Though sometimes called the "poor man's meat," beans are rich in protein and have plenty to offer a healthy diet.
Packed with fiber and other plant-based nutrients, beans are low-fat, can prolong the feeling of fullness after a meal and help control blood-sugar levels.
Many people won't bother cooking dry beans, which can require soaking overnight and, depending on the variety, long cooking on the stove. But convenient canned beans are an essential for any healthy pantry.
The good news is that canned beans keep their nutrients during the canning process.
Canned beans are available in numerous varieties and usually are found alongside the canned vegetables at the grocer. But be sure to check the ethnic aisle, too. You are likely to find less common, but delicious, varieties there.
Beans can replace some or all of the meat called for in many dishes. They also can be pureed (with seasonings) to make quick dips and spreads.
Be sure to always rinse and drain canned beans before using them to remove excess salt and indigestible sugars that are in the cloudy liquid.This recipe for Triple-Bean Casserole uses three varieties of beans to make a colorful and quick stovetop dish that is reminiscent of baked beans.
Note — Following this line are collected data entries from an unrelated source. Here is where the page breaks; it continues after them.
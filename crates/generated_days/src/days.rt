//! How an update went on each day.

ghost use Rattle.std.specs.Prelude.{◌≡◌, IfOk, OnOk, length};
ghost use Rattle.std.specs.List.{count_by};
ghost use Rattle.acq_base.specs.Plan.{IsSound};
ghost use Rattle.acq_outside.specs.Crash.{trace_of};
ghost use Rattle.acq_memory.specs.MapMethod.{HasSoundAnswers};
ghost use Rattle.acq_memory.specs.MemDisk.{past_of};
ghost use Rattle.acq_outside.specs.States.{ToldAs};
ghost use Rattle.generated_days.specs.Days.{AreDaysOf, IsDayOver, run_at};
ghost use Rattle.journal_model.specs.Reopen.{installed_now};
ghost use Rattle.journal_model.specs.Rest.{IsSynced};
ghost use Rattle.run_model.specs.Runs as runs;

use crate::bytes::bytes_of;
use crate::clear::check_clear;
use crate::configure::configure_by;
use crate::run::run_over;
use acq_base::{Mirror, NoMemory, Row, TryCopy};
use acq_memory::MemDisk;
use configuration::Configured;
use mirror_maker::make;
use std::alloc::Global;
use std::sync::Wait;
use std::thread::Threads;
use update_model::{RunLog, Verdict2};

/// How an update went.
#[derive(Clone, Copy, Debug, PartialEq, Eq)]
pub struct Day {
    /// How many sources got a new set.
    pub installed: u64,
    /// How many asks were made.
    pub asks: u64,
    /// How many bytes the lists have then.
    pub bytes: u64,
}

/// How an update over the mirror of a number goes on its first day, and how one goes on its second. The first begins with
/// no list, and the second with those that the first left.
pub fn both_days<R: Threads + Wait + Copy + Send + Sync + 'static>(
    rt: &R,
    alloc: Global,
    number: u64,
) -> Result<(Day, Day), NoMemory>
    ensures days { IfOk result (λ days. AreDaysOf number days.0 days.1) }
{
    let made = make(alloc, number)?;
    let mut disk = MemDisk::new(alloc, Row::new(alloc), false, Row::new(alloc))?;
    let list = made.list.copy(alloc)?;
    let configured = configure_by(alloc, list)?;
    let first = run_day(rt, alloc, configured, made.first, made.first_now, &mut disk)?;
    let again = configure_by(alloc, made.list)?;
    let second = run_day(rt, alloc, again, made.second, made.second_now, &mut disk)?;
    Ok((first, second))
}

/// One update over a mirror.
fn run_day<R: Threads + Wait + Copy + Send + Sync + 'static>(
    rt: &R,
    alloc: Global,
    it: Configured,
    mirror: Mirror,
    now: i64,
    disk: &mut MemDisk,
) -> Result<Day, NoMemory>
    requires answers { HasSoundAnswers mirror.rows }
    requires plan { IsSound it.plan }
    requires synced { ToldAs IsSynced (trace_of (past_of disk.old)) }
    ensures day { IfOk result (IsDayOver mirror.rows (run_at it now) (installed_now (trace_of (past_of disk.old))) (installed_now (trace_of (past_of disk.new)))) }
    ensures synced { OnOk result (ToldAs IsSynced (trace_of (past_of disk.new))) }
{
    check_clear(alloc, disk)?;
    let log = run_over(rt, alloc, it, mirror, now, disk)?;
    let bytes = bytes_of(alloc, disk)?;
    let installed = count_installed(&log);
    let asks = count_asks(&log);
    Ok(Day {
        installed,
        asks,
        bytes,
    })
}

/// How many sources of a log got a new set.
fn count_installed(log: &RunLog) -> u64
    ensures { result ≡ count_by runs.is_installed log.now.verdicts }
{
    installed_in(log.verdicts.as_slice()) as u64
}

fn installed_in(verdicts: &[Verdict2]) -> usize
    ensures { result ≡ count_by runs.is_installed verdicts.now }
{
    verdicts
        .iter()
        .filter(|verdict| is_installed(verdict))
        .count()
}

fn is_installed(verdict: &Verdict2) -> bool
    ensures { result ≡ runs.is_installed verdict.now }
{
    match verdict {
        Verdict2::Installed(_) => true,
        Verdict2::Hit(_) | Verdict2::Older(_) | Verdict2::Kept(_) => false,
    }
}

/// How many asks a log tells.
fn count_asks(log: &RunLog) -> u64
    ensures { result ≡ length log.now.asks }
{
    log.asks.as_slice().len() as u64
}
To make a vegetarian version, simply leave out bacon or use diced smoked tofu instead.
Start to finish: 50 minutes (15 minutes active)
4 slices bacon
1 teaspoon canola oil
1 small yellow onion, chopped (about 1 cup)
2/3 cup tomato ketchup
3 tablespoons cider vinegar
2 tablespoons molasses
1 1/2 teaspoons dry mustard
1 cup water
15 1/2-ounce can great northern beans, rinsed and drained
15 1/2-ounce can black beans, rinsed and drained
Following the package directions, cook the bacon until crisp, then crumble and set aside.
In a medium saucepan, heat oil over low. Add onions and cook, stirring often, until softened, about 5 minutes.
Add the ketchup, vinegar, molasses and mustard and stir together thoroughly. Add water, all the beans and bacon. Bring the beans to a simmer, cover and cook over low heat for 30 minutes. Serve hot or cold.
Nutrition information per serving: 278 calories; 4 g fat (1 g saturated); 6 mg cholesterol; 48 g carbohydrate; 15 g protein; 11 g fiber; 730 mg sodium.